# Rapist with 10 bodies at his Ohio home called 'incredibly dangerous'



## kwflatbed (Dec 29, 2004)

Another looney that should not see daylight.

*By JOHN SEEWER and THOMAS J. SHEERAN ,* Associated Press 
Last update: November 4, 2009 - 10:23 AM

CLEVELAND - A convicted rapist who lived among 10 corpses was ordered held without bond

Rapist with 10 bodies at Ohio home denied bond; prosecutor calls him 'incredibly dangerous' | StarTribune.com


----------



## LGriffin (Apr 2, 2009)

Yeah, he was released on PR. Just kidding, but not a far cry these days...


----------



## L4G81 (Nov 12, 2006)

+1 .. without question.
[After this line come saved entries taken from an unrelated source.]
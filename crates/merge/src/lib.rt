// 01, "Moves of a volume": a merge of two log diffs that touch.
#![tactic(auto)]

ghost use Rattle.std.specs.Prelude.{◌≡◌, ◌++◌, ◌+◌, ◌*◌, ◌≤◌, ◌<◌, length, drop};
ghost use Rattle.paper.specs.Answer.{comes_back, over};
ghost use Rattle.paper.specs.Diff.{rest, address_of, content_of, record_bytes, record_for, records_of, count_of};
ghost use Rattle.paper.specs.Merge.{merge_heads, merge};
ghost use Rattle.number.specs.Put.{put};
ghost use Rattle.record.specs.Heads.{head, said_head};
ghost use Rattle.record.specs.States.{said_length};
ghost use Rattle.merge.specs.Walks.{both, address_at, On, Walking, Begun, Turned};

use record::block::Block;
use record::head::Head;
use record::records::Checked;
use record::refusal::Refusal;

// "A merge checks first diff, second diff, 15, 16, 17." The result goes to `out`, and its length is answered.
// Nothing is written before every check has passed.
pub fn merge(first: &[u8], second: &[u8], out: &mut [u8]) -> Result<usize, Refusal>
    ensures answered { said_length result ≡ comes_back (merge first.now second.now (length out.old)) }
    ensures leaves { out.new ≡ over out.old (merge first.now second.now (length out.old)) }
{
    let first = diff::whole(first)?;
    let second = diff::whole(second)?;
    let pair = Pair { first, second };
    let h = pair.merge_heads()?;
    let n = pair.count_records();
    let size = Head::SIZE + Block::SIZE * n;
    if out.len() < size {
        return Err(Refusal::NoRoom);
    }
    Head { n: n as u32, ..h }.write(out);
    pair.write_records(n, out);
    Ok(size)
}

// One past the largest address: where a diff has no record left. It is above every address, so the lower of two is one `min`;
// an Option there would need an order of its own, None last.
const END: u32 = 65_536;

// A record of a diff, with its address; past the last record, with END.
#[derive(Clone, Copy)]
struct Cursor {
    place: usize,
    address: u32,
}

// The cursor at record i.
fn cursor_at(diff: Checked, i: usize) -> Cursor
    ensures { (result.place ≡ i) × (result.address ≡ address_at diff.entry i) }
{
    let address = if i < diff.count() {
        diff.address(i)
    } else {
        END
    };
    Cursor { place: i, address }
}

// The cursor past address `low`: the next record, if c stands at that address.
fn past(diff: Checked, c: Cursor, low: u32) -> Cursor
    requires { On diff low c × (low < 65536) }
    ensures { On diff.entry (low + 1) result }
{
    if c.address > low {
        c
    } else {
        cursor_at(diff, c.place + 1)
    }
}

// Puts record i, whole, where `out` opens.
fn put_record(diff: Checked, i: usize, out: &mut [u8])
    requires { (i < diff.h.n) × (518 ≤ length out.old) }
    ensures { out.new ≡ record_bytes (address_of (rest diff.entry.d.now i)) (content_of (rest diff.entry.d.now i)) ++ drop 518 out.old }
{
    number::copy::<{ Block::SIZE }>(out, diff.record(i));
}

// A cursor on each diff, and the lower of their addresses; END where both are past the last record. It holds no pair: the diffs stay while it moves,
// and `Walking` is said of both, so an invariant would have the pair copied at each turn.
#[derive(Clone, Copy)]
struct Walk {
    a: Cursor,
    b: Cursor,
    low: u32,
}

// Two diffs that passed the check.
#[derive(Clone, Copy)]
struct Pair<'a> {
    first: Checked<'a>,
    second: Checked<'a>,
}

impl<'a> Pair<'a> {
    // 15, then 16: the merge's head, but for its count.
    #[tactic(auto, unfolding(paper::specs::Merge::merge_heads))]
    fn merge_heads(self) -> Result<Head, Refusal>
        ensures { said_head result ≡ merge_heads (head self.entry.first.h) (head self.entry.second.h) }
    {
        if self.first.h.is_compared() {
            return Err(Refusal::Compared);
        }
        if self.second.h.is_compared() {
            return Err(Refusal::Compared);
        }
        if self.first.h.q != self.second.h.p {
            return Err(Refusal::Apart);
        }
        Ok(Head {
            kind: Head::LOG,
            spare: 0,
            p: self.first.h.p,
            q: self.second.h.q,
            n: 0,
        })
    }

    // The walk over both diffs, at its first address.
    fn begin(self) -> Walk
        ensures { Begun self.entry result }
    {
        let a = cursor_at(self.first, 0);
        let b = cursor_at(self.second, 0);
        Walk {
            a,
            b,
            low: a.address.min(b.address),
        }
    }

    // The walk past its address: where both diffs name it, both go on.
    fn turn(self, w: Walk) -> Walk
        requires { Walking self w × (w.low < 65536) }
        ensures { Turned self.entry w result }
    {
        let a = past(self.first, w.a, w.low);
        let b = past(self.second, w.b, w.low);
        Walk {
            a,
            b,
            low: a.address.min(b.address),
        }
    }

    // The number of blocks that either diff names.
    fn count_records(self) -> usize
        ensures { (result ≡ count_of (both self.entry) 0 65536) × (result ≤ 65536) }
    {
        let mut w = self.begin();
        let mut n: usize = 0; // the walk has no index: it ends where both diffs do
        while w.low < END {
            w = self.turn(w);
            n += 1;
        }
        n
    }

    // Puts the record of the walk's address where `out` opens: "the second diff's block where it names one, else the first's".
    fn put_lowest(self, w: Walk, out: &mut [u8])
        requires { Walking self w × (w.low < 65536) × (518 ≤ length out.old) }
        ensures { out.new ≡ record_for w.low (both self.entry w.low) ++ drop 518 out.old }
    {
        if w.b.address > w.low {
            put_record(self.first, w.a.place, out);
        } else {
            put_record(self.second, w.b.place, out);
        }
    }

    // Puts the n records of the merge after the head.
    fn write_records(self, n: usize, out: &mut [u8])
        requires counted { n ≡ count_of (both self) 0 65536 }
        requires room { 24 + 518 * n ≤ length out.old }
        ensures { out.new ≡ put 24 (records_of (both self.entry) 0 65536) out.old }
    {
        let mut w = self.begin();
        for i in 0..n {
            let at = Head::SIZE + Block::SIZE * i;
            self.put_lowest(w, &mut out[at..]);
            w = self.turn(w);
        }
    }
}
Remind me not to go to OHIO anytime soon ...



mtc said:


> Kind of an understatement there.... Huh ?


----------



## rocksy1826 (Nov 12, 2006)

kwflatbed said:


> prosecutor calls him 'incredibly dangerous'


...duh


----------



## LGriffin (Apr 2, 2009)

L4G81 said:


> +1 .. without question. Remind me not to go to OHIO anytime soon ...


You're too much of a big deal to be going to Ohio


----------



## tsunami (Aug 12, 2009)

when is the ACLU gonna start defending this guy's freeeeeeeeeeedoma?


----------